*** Data under study Section Begins ***

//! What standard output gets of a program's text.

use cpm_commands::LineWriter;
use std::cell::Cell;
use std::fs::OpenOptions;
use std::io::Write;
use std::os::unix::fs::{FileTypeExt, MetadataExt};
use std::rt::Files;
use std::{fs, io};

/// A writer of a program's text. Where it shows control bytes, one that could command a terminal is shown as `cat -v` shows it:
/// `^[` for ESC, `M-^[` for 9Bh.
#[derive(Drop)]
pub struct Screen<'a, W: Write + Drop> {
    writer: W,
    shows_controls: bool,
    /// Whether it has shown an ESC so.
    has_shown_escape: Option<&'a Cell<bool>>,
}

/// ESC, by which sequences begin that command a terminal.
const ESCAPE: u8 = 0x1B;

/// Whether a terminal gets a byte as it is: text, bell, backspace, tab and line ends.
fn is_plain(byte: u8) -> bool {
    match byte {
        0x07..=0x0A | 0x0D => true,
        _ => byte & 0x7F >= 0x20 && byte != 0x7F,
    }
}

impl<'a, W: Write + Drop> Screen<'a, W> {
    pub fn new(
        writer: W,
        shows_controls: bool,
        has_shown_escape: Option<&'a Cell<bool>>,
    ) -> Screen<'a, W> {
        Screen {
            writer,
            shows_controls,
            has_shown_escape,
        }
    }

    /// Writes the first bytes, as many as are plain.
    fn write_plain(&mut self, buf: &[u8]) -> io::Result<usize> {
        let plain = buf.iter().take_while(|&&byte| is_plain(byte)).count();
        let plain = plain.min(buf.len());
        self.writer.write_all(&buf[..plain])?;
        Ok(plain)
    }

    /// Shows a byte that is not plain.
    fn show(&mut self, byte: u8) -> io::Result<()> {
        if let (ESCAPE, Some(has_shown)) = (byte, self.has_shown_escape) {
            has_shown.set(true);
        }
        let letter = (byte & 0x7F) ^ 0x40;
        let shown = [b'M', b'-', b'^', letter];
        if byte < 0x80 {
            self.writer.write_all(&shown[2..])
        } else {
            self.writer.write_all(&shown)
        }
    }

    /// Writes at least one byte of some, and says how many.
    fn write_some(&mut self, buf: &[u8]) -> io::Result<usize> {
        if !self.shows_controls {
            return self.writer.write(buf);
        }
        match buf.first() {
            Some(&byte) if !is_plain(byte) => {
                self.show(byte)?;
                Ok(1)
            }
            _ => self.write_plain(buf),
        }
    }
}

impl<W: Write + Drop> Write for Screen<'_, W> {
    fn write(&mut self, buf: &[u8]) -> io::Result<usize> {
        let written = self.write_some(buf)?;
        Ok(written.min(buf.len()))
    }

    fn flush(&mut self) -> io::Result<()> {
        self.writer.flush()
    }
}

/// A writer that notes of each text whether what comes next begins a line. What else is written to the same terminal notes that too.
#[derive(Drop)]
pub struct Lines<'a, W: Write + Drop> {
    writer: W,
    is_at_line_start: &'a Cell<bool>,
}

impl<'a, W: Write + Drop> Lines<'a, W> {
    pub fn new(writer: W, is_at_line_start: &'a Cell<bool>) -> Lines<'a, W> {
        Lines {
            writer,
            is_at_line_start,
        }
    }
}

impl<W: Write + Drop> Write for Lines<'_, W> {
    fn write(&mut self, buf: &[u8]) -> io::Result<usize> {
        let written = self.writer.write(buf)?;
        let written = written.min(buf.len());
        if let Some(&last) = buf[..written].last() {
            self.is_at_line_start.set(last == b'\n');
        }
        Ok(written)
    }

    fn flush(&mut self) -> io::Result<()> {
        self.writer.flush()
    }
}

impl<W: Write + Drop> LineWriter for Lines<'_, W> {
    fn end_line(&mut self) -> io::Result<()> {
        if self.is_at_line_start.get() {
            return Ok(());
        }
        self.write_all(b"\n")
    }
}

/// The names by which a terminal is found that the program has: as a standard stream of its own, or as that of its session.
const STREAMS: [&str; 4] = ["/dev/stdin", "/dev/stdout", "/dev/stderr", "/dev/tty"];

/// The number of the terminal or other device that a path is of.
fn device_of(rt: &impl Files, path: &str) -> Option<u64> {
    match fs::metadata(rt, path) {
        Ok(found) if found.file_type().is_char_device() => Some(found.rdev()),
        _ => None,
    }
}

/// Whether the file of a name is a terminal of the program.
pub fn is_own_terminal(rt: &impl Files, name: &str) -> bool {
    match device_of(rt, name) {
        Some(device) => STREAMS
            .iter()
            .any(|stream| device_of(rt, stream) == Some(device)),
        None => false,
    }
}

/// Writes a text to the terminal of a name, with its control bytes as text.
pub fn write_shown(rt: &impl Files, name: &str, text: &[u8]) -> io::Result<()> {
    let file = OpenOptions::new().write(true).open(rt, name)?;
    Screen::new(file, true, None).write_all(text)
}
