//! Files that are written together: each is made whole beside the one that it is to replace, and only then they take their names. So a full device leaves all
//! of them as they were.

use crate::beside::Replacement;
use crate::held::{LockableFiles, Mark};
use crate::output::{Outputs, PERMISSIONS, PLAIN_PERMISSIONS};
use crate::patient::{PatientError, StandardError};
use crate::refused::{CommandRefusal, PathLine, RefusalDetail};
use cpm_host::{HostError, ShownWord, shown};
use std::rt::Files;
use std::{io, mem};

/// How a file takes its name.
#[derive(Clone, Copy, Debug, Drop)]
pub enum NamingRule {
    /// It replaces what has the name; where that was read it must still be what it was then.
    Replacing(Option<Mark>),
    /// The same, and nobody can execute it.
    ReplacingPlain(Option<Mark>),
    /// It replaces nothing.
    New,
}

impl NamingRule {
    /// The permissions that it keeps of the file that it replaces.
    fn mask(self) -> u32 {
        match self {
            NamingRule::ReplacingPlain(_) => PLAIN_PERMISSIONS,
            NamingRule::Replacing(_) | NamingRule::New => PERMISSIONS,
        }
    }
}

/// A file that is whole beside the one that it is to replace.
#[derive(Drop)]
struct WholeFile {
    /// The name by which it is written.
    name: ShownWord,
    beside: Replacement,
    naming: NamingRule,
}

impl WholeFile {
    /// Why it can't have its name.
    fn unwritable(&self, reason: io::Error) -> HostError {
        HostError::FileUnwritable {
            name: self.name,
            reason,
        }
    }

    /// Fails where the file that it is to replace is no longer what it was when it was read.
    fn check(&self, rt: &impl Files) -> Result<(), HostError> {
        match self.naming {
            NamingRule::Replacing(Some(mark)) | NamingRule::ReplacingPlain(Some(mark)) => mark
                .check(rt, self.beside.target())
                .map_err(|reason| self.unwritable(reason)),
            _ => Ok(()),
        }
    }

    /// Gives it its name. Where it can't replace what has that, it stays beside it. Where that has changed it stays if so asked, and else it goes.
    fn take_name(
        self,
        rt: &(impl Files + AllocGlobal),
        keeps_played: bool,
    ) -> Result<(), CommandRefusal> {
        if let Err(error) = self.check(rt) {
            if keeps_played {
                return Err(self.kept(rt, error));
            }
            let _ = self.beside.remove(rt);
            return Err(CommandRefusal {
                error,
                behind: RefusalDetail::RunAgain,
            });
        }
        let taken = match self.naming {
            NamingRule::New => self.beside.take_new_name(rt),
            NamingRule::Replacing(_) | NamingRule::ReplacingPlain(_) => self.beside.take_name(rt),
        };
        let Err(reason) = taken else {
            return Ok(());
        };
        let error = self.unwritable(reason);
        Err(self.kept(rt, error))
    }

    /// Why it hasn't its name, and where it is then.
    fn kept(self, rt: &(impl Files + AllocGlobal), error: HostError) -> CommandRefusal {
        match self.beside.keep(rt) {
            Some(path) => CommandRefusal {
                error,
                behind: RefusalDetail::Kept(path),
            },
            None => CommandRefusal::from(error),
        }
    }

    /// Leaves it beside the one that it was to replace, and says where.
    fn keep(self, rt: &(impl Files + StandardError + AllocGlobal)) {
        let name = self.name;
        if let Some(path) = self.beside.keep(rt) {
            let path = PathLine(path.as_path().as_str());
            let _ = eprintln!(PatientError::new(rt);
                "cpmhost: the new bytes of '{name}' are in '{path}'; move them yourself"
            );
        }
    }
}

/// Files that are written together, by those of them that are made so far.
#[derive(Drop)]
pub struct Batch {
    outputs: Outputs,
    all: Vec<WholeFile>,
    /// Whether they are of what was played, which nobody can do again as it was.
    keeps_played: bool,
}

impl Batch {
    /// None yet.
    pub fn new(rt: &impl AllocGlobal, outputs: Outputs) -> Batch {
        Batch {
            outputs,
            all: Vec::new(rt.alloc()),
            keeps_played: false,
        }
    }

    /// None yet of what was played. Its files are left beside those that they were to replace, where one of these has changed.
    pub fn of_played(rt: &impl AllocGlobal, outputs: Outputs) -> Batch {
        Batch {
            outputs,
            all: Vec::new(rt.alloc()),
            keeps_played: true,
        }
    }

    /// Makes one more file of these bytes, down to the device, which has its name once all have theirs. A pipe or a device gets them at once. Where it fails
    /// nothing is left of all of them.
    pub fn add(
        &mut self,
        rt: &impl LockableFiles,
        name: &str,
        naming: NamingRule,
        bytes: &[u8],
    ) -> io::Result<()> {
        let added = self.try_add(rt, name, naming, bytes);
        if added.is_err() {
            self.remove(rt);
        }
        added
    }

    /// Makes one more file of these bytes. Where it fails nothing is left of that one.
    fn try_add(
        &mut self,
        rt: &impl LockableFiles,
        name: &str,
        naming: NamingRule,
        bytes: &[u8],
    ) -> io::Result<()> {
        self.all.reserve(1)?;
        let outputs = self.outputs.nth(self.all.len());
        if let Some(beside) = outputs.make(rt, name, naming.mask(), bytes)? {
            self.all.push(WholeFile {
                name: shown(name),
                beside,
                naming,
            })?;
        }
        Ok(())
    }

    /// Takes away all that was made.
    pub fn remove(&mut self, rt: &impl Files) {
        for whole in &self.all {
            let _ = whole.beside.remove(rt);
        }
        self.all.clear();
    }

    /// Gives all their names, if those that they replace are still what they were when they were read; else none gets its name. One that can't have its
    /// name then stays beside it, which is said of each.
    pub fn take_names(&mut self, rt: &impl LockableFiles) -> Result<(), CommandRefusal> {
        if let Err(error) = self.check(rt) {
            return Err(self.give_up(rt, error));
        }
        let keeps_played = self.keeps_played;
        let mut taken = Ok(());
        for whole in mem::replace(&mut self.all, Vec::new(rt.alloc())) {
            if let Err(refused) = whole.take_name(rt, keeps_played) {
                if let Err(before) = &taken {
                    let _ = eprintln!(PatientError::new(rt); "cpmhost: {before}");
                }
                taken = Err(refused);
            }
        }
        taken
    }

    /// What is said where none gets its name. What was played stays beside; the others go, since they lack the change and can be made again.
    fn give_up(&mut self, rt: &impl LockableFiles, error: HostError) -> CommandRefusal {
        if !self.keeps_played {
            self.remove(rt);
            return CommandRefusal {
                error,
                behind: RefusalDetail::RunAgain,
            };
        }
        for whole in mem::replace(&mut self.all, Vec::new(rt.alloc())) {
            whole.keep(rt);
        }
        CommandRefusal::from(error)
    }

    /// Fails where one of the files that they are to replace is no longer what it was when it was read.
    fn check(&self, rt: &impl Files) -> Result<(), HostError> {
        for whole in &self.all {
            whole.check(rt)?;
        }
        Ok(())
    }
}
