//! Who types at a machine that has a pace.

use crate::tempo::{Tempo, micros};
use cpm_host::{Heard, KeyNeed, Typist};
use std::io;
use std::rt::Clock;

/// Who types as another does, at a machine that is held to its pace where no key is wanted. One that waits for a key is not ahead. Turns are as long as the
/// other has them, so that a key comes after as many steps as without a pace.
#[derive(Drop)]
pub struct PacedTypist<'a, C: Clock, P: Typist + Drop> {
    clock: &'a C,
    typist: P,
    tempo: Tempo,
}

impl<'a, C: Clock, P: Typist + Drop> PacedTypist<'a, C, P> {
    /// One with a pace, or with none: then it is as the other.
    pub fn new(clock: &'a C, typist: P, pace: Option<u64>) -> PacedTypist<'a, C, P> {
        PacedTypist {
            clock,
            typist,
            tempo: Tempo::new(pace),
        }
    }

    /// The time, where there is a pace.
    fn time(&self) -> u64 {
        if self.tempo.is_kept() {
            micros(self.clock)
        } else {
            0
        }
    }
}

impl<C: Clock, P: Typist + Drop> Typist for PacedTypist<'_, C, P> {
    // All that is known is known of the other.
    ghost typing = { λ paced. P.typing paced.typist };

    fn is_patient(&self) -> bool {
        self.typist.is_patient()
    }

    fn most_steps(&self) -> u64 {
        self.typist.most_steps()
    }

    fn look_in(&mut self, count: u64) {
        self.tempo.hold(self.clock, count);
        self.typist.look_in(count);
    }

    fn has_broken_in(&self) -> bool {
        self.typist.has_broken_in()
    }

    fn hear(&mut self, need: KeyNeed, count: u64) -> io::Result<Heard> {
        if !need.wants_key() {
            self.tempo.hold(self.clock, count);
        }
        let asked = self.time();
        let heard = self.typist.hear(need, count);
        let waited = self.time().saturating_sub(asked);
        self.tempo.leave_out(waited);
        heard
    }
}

*** Data under study Section Ends ***
*** Data under study Section Begins ***

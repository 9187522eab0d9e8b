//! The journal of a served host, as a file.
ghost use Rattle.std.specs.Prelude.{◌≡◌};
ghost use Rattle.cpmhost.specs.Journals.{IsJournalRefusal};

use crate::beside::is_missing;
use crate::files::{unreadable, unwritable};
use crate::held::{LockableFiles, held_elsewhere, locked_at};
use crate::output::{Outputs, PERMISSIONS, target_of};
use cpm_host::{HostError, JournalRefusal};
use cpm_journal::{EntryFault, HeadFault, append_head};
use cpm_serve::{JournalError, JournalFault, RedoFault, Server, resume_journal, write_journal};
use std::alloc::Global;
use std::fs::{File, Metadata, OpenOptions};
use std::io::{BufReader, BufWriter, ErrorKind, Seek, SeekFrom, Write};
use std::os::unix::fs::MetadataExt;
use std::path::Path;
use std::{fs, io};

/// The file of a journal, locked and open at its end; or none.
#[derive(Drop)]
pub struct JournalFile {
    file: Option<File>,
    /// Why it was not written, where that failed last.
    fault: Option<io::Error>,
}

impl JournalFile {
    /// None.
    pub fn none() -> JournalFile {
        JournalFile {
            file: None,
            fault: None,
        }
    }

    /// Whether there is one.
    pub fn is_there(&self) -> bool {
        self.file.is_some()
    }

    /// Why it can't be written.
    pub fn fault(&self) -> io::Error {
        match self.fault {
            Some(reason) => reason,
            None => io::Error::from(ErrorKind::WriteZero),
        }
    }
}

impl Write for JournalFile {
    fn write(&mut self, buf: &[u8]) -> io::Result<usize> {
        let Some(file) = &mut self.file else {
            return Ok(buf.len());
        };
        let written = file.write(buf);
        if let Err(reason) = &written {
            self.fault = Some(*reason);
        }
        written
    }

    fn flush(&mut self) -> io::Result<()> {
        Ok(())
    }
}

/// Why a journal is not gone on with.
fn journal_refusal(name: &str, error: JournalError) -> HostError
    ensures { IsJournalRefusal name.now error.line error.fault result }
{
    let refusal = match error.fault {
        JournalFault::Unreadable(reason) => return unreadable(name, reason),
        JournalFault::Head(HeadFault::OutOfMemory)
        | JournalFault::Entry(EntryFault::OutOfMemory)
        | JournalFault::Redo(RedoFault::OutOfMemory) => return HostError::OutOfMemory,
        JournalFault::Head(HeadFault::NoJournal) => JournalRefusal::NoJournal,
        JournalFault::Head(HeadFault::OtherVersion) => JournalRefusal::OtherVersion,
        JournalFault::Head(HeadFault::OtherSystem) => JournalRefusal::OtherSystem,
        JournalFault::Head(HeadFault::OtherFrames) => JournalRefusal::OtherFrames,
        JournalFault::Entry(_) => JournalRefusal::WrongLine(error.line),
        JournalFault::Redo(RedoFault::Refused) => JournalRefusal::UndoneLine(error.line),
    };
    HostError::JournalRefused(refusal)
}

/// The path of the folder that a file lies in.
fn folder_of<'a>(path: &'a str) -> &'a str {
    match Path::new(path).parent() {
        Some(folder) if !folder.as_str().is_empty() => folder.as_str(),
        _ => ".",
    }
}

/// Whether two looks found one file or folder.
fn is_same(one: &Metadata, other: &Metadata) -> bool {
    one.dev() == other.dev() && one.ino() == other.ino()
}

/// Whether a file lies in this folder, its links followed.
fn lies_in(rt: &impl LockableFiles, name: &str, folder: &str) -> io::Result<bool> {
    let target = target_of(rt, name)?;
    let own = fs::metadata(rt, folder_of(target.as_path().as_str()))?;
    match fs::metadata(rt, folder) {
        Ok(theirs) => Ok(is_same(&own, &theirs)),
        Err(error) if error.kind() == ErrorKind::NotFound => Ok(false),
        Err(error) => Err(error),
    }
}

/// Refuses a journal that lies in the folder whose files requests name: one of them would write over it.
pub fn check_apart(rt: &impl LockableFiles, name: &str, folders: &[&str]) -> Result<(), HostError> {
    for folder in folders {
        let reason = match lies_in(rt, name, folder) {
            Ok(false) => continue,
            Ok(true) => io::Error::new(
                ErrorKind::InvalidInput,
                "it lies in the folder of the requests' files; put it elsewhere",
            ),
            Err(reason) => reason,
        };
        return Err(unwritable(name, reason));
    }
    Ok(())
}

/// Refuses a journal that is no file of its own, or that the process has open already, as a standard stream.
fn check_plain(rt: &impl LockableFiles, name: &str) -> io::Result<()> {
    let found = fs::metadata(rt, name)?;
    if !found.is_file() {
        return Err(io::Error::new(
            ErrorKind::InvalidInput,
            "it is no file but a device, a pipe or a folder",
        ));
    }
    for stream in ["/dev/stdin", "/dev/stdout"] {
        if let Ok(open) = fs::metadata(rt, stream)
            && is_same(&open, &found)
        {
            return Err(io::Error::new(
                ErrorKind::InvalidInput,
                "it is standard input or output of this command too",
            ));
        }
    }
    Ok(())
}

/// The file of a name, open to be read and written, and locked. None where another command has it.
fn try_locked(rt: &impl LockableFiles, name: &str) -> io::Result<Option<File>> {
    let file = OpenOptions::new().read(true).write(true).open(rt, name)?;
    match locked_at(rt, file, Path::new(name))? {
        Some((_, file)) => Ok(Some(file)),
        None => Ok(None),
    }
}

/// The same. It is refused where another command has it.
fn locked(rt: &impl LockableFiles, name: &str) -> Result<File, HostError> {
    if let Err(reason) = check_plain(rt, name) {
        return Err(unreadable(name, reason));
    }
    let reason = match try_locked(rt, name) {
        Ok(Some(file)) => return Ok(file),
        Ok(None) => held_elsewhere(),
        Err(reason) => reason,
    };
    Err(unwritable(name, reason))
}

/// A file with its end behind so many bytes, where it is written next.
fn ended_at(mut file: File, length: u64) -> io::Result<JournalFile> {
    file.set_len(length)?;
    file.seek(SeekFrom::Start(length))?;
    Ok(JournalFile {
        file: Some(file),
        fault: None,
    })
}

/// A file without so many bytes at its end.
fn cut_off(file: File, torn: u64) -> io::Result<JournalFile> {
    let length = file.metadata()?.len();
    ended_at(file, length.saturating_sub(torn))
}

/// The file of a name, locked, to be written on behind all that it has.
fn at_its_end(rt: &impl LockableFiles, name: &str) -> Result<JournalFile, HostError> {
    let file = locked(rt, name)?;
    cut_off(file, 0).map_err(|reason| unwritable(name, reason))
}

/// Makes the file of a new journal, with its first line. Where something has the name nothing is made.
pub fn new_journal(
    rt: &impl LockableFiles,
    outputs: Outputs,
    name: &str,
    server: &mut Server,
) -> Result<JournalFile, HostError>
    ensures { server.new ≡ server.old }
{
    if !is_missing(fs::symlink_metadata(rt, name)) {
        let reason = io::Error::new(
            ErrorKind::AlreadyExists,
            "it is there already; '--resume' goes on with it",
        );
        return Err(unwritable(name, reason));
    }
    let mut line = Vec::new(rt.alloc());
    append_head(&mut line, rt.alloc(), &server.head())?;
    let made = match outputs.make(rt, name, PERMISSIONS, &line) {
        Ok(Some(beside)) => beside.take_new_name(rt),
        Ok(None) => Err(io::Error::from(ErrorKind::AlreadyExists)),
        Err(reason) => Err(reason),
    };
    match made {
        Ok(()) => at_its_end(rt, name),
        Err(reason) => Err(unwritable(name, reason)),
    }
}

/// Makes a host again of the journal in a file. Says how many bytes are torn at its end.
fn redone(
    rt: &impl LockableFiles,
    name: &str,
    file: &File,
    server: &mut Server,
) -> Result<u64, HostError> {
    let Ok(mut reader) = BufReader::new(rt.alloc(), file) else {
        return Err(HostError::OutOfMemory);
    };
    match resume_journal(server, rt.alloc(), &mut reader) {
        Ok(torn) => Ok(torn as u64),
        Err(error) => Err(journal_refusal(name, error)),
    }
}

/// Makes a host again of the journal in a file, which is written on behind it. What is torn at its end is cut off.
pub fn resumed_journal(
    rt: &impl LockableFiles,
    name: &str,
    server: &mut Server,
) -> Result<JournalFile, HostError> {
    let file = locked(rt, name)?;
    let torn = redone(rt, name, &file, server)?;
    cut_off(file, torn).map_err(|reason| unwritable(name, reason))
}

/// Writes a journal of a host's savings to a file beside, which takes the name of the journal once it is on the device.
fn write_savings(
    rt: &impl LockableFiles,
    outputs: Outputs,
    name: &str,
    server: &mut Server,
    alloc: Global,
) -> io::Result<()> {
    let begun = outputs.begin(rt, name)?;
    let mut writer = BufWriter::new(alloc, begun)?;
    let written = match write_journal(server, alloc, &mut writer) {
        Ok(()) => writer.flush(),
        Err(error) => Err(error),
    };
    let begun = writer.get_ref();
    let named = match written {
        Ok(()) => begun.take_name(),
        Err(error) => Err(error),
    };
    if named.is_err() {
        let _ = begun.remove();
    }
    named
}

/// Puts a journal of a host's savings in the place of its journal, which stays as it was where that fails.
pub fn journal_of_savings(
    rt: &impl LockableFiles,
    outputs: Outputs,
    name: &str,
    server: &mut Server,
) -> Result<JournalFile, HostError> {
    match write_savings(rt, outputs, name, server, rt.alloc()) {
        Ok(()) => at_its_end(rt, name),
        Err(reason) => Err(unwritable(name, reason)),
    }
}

*** Data under study Section Ends ***
*** Data under study Section Begins ***

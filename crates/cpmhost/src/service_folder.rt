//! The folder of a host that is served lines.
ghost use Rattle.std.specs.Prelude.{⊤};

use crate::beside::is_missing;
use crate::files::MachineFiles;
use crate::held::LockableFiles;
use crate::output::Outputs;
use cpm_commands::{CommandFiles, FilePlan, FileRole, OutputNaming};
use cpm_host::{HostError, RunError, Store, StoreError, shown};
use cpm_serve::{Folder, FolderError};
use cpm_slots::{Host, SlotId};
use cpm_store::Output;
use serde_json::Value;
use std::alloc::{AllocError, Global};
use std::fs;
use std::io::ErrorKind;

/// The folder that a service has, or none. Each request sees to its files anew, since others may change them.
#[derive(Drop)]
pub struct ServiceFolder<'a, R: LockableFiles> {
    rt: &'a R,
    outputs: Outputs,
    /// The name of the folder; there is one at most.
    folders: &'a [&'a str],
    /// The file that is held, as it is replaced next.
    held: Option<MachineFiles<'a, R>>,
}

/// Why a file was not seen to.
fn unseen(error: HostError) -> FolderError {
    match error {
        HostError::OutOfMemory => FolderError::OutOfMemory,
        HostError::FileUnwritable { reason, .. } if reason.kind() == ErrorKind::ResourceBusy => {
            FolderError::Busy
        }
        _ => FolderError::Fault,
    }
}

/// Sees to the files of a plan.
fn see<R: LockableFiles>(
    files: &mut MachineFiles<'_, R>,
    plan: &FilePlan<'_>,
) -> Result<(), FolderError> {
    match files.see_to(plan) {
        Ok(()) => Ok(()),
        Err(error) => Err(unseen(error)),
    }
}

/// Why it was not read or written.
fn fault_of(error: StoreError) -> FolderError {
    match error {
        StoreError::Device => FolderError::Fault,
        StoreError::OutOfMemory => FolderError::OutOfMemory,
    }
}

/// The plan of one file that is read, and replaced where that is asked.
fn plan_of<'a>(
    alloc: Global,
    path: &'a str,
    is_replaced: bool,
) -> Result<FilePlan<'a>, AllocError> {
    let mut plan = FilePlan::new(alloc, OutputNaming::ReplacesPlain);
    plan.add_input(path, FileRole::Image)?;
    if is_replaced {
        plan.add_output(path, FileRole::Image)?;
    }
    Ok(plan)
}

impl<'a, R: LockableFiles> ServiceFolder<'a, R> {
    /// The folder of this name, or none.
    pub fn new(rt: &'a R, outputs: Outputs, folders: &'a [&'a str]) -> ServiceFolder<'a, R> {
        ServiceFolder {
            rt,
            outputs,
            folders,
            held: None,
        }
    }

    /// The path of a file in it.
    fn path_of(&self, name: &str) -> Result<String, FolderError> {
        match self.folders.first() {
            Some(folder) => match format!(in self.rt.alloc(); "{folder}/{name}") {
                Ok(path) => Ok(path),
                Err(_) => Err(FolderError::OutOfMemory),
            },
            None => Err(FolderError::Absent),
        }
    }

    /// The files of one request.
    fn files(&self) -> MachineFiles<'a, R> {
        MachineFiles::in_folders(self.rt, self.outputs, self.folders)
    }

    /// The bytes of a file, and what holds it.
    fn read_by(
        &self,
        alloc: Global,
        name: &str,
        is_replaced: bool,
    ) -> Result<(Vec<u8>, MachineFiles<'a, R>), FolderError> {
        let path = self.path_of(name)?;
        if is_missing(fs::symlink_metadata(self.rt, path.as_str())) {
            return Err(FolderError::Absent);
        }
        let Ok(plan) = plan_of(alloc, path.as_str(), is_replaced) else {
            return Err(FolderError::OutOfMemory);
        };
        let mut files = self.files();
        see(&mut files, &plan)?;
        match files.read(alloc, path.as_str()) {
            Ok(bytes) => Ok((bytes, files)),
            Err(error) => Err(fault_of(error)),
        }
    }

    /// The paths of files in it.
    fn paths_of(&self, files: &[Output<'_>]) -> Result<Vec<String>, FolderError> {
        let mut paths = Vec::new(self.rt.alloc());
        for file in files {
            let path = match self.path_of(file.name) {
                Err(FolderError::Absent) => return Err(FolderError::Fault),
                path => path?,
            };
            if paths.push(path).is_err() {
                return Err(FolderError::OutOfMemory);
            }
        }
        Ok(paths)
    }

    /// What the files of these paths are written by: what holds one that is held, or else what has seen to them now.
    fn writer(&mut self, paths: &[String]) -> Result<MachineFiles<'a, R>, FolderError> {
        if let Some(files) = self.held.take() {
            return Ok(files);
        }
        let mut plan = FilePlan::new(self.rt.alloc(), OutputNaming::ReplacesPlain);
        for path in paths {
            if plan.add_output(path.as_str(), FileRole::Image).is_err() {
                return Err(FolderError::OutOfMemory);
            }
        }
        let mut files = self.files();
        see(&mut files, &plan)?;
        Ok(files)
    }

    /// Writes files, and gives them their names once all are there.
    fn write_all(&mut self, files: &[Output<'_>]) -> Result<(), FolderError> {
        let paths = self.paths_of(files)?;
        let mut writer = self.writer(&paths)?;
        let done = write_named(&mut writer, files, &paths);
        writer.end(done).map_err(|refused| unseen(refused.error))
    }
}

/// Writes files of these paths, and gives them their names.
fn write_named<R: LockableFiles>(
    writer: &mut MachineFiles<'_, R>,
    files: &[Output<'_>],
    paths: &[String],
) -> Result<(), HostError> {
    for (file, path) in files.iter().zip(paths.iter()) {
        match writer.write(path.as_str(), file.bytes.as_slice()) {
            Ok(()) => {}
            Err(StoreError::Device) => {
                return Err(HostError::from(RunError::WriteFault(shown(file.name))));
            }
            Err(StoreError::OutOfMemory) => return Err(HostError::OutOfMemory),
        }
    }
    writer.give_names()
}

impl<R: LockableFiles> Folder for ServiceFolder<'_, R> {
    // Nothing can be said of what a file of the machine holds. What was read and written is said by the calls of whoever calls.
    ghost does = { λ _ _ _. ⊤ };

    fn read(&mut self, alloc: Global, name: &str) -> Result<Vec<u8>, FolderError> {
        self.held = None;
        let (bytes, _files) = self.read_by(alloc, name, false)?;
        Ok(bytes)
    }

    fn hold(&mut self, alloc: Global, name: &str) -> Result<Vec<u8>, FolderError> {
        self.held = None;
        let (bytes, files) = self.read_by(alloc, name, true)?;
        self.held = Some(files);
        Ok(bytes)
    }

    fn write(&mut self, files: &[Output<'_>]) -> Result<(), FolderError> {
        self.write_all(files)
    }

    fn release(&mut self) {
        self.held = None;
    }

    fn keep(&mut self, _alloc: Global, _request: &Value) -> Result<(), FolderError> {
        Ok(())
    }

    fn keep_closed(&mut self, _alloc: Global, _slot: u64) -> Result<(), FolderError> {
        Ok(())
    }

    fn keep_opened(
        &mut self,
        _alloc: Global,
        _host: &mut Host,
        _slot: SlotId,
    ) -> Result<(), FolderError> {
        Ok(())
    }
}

*** Data under study Section Ends ***

Exercise requirements ->
Among the entries above, copy exactly only the lines starting with the one containing "fn check_plain(rt: &impl" and going through the one containing "fn locked(rt: &impl", both ends included.

Solution to the exercise ->
fn check_plain(rt: &impl LockableFiles, name: &str) -> io::Result<()> {
    let found = fs::metadata(rt, name)?;
    if !found.is_file() {
        return Err(io::Error::new(
            ErrorKind::InvalidInput,
            "it is no file but a device, a pipe or a folder",
        ));
    }
    for stream in ["/dev/stdin", "/dev/stdout"] {
        if let Ok(open) = fs::metadata(rt, stream)
            && is_same(&open, &found)
        {
            return Err(io::Error::new(
                ErrorKind::InvalidInput,
                "it is standard input or output of this command too",
            ));
        }
    }
    Ok(())
}

/// The file of a name, open to be read and written, and locked. None where another command has it.
fn try_locked(rt: &impl LockableFiles, name: &str) -> io::Result<Option<File>> {
    let file = OpenOptions::new().read(true).write(true).open(rt, name)?;
    match locked_at(rt, file, Path::new(name))? {
        Some((_, file)) => Ok(Some(file)),
        None => Ok(None),
    }
}

/// The same. It is refused where another command has it.
fn locked(rt: &impl LockableFiles, name: &str) -> Result<File, HostError> {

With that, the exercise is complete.